L’instauration de ce nouveau cadre permettra au Royaume d’atteindre le troisième niveau de maturité (ML-3) dans la réglementation des vaccins, selon l’outil de référence mondial Global Benchmarking Tool de l’Organisation mondiale de la santé (OMS).
En d’autres termes, le fait d’atteindre le niveau ML-3 permettra aux fabricants de vaccins et de sérums marocains de demander la préqualification de l’OMS et l’autorisation d’utilisation d’urgence de cette organisation pour leurs produits manufacturés et, à terme, de les exporter.
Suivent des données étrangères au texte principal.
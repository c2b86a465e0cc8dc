use super::opinion::Letters;
use super::second::second_judge;
use records::{Kind, Line, NO_WORDS, RECORD_SIZE};
use stamps::{CardNo, TxNo};
use std::alloc::Global;
use std::test::Fail;

fn line(kind: Kind, transaction: u32, card: u32, writer: u32) -> Line {
    Line {
        kind,
        transaction: TxNo(transaction),
        card: CardNo(card),
        writer: TxNo(writer),
        value: NO_WORDS,
    }
}

fn read(transaction: u32, card: u32, writer: u32) -> Line {
    line(Kind::Read, transaction, card, writer)
}

fn writ(transaction: u32, card: u32) -> Line {
    line(Kind::Writ, transaction, card, transaction)
}

fn done(transaction: u32) -> Line {
    line(Kind::Done, transaction, 0, 0)
}

fn gone(transaction: u32) -> Line {
    line(Kind::Gone, transaction, 0, 0)
}

// An opinion with the number of its refusal.
type Told = Result<Letters, (u32, usize)>;

fn told(heap: Global, file: &[u8], marks: usize) -> Result<Told, Fail> {
    let opinion = second_judge(heap, file, marks)?;
    Ok(
        opinion
            .0
            .map_err(|refusal| (refusal.cause.number(), refusal.place)),
    )
}

fn opinion_of(heap: Global, lines: &[Line]) -> Result<Told, Fail> {
    let mut file = Vec::new(heap);
    for line in lines {
        let mut record = [0u8; RECORD_SIZE];
        line.encode(&mut record)?;
        file.extend_from_slice(&record)?;
    }
    told(heap, file.as_slice(), lines.len())
}

fn given(aca: bool, cons: bool, wcf: bool) -> Told {
    Ok(Letters { aca, cons, wcf })
}

fn refused(number: u32, place: usize) -> Told {
    Err((number, place))
}

// Transaction 4 depends on 1 by two others, and reads card 4, which 1 has overwritten, from this writer.
fn chain(writer: u32) -> [Line; 14] {
    [
        read(1, 4, 0),
        writ(1, 4),
        done(1),
        read(2, 4, 1),
        read(2, 9, 0),
        writ(2, 9),
        done(2),
        read(3, 9, 2),
        read(3, 11, 0),
        writ(3, 11),
        done(3),
        read(4, 11, 3),
        read(4, 4, writer),
        done(4),
    ]
}

#[test]
fn judges_the_examples(rt: HostRuntime) -> Result<(), Fail> {
    let heap = rt.alloc();
    let conflict = [
        read(1, 4, 0),
        writ(1, 4),
        done(1),
        read(2, 4, 0),
        writ(2, 4),
        done(2),
    ];
    let aborted = [
        read(1, 4, 0),
        writ(1, 4),
        gone(1),
        read(2, 4, 1),
        writ(2, 4),
        done(2),
    ];
    assert_eq!(rt; opinion_of(heap, &[])?, given(true, true, true));
    assert_eq!(rt; opinion_of(heap, &chain(0))?, given(true, false, true));
    assert_eq!(rt; opinion_of(heap, &chain(1))?, given(true, true, true));
    assert_eq!(rt; opinion_of(heap, &conflict)?, given(true, true, false));
    assert_eq!(rt; opinion_of(heap, &aborted)?, given(false, true, true));
    Ok(())
}

// Each of two reads what the other has not committed: they depend on themselves, and have read what they overwrote.
#[test]
fn judges_a_circle(rt: HostRuntime) -> Result<(), Fail> {
    let circle = [
        read(1, 4, 0),
        writ(1, 4),
        read(2, 9, 0),
        writ(2, 9),
        read(1, 9, 2),
        read(2, 4, 1),
        done(1),
        gone(2),
    ];
    assert_eq!(rt; opinion_of(rt.alloc(), &circle)?, given(false, false, true));
    Ok(())
}

#[test]
fn refuses_bytes(rt: HostRuntime) -> Result<(), Fail> {
    let heap = rt.alloc();
    let zeros = vec![in heap; 0; 65_537]?;
    assert_eq!(rt; told(heap, zeros.as_slice(), 0)?, refused(20, 2_048));
    assert_eq!(rt; told(heap, &[0; 33], 0)?, refused(21, 1));
    assert_eq!(rt; told(heap, &[0; 32], 0)?, refused(25, 0));
    assert_eq!(rt; told(heap, &[0; 32], 1)?, refused(22, 0));
    Ok(())
}

#[test]
fn refuses_lines(rt: HostRuntime) -> Result<(), Fail> {
    let heap = rt.alloc();
    assert_eq!(rt;
        opinion_of(heap, &[read(1, 4, 0), read(1, 4, 0)])?,
        refused(23, 1)
    );
    assert_eq!(rt; opinion_of(heap, &[writ(1, 4)])?, refused(23, 0));
    assert_eq!(rt; opinion_of(heap, &[done(1), gone(1)])?, refused(23, 1));
    assert_eq!(rt; opinion_of(heap, &[read(1, 4, 1)])?, refused(23, 0));
    assert_eq!(rt; opinion_of(heap, &[read(1, 4, 2)])?, refused(23, 0));
    assert_eq!(rt;
        opinion_of(heap, &[done(3), read(2, 4, 0), read(1, 4, 0)])?,
        refused(24, 1)
    );
    Ok(())
}

#[test]
fn opinions_are_printed(rt: HostRuntime) -> Result<(), Fail> {
    let heap = rt.alloc();
    let judged = second_judge(heap, &[], 0)?;
    let refused = second_judge(heap, &[0; 33], 0)?;
    assert_eq!(rt;
        format!(in heap; "{judged}")?.as_str(),
        "ACA=Y CONS=Y WCF=Y"
    );
    assert_eq!(rt; format!(in heap; "{refused}")?.as_str(), "REFUSED 21 AT 1");
    Ok(())
}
Un cadre juridique pour accompagner l’industrie nationale et garantir la qualité
Ce cadre juridique a fait l’objet d’un projet de décret-loi, adopté ce jeudi 12 septembre en Conseil de gouvernement. Il s’agit du décret-loi 2.24.728, complétant la loi 17.04 portant Code du médicament et de la pharmacie.
Consultée par nos soins, une note de présentation de ce texte explique le contexte de son adoption. « La sécurité des médicaments représente l’un des principaux défis engendrés par la pandémie du Covid-19 au Royaume. Cette crise sanitaire mondiale a révélé le besoin urgent d’assurer la durabilité et la disponibilité des médicaments, en particulier des vaccins, en tant que ressources vitales pour faire face aux crises sanitaires et améliorer les soins de santé », précise le document.
« Dans ce contexte, le Maroc s’efforce d‘atteindre la souveraineté vaccinale en mettant en place une industrie nationale capable de répondre à la demande nationale et en Afrique. Et afin d’accompagner cette industrie et de garantir la qualité des vaccins produits localement ou importés, et de s’assurer qu’ils respectent les normes internationalement reconnues, le Royaume travaille à l’élaboration d’un cadre juridique efficace et intégré, qui lui permettra d’atteindre le troisième niveau de maturité (ML-3) de la réglementation des vaccins, selon l’outil de référence mondial Global Benchmarking Tool (GBT) de l’Organisation mondiale de la santé (OMS) ».
Le GBT est un outil mondial d’analyse comparative de l’OMS (WHO Global Benchmarking Tool) pour l’évaluation des systèmes nationaux de réglementation des médicaments et des vaccins, explique l’Organisation sur son portail. Il intègre le concept de « niveau de maturité » dit ML (adapté à la norme ISO 9004), permettant à l’OMS et aux autorités réglementaires d’évaluer la « maturité » globale du système réglementaire d’un pays sur une échelle de 1 (existence de certains éléments du système réglementaire) à 4 (fonctionnement à un niveau avancé de performance et d’amélioration continue).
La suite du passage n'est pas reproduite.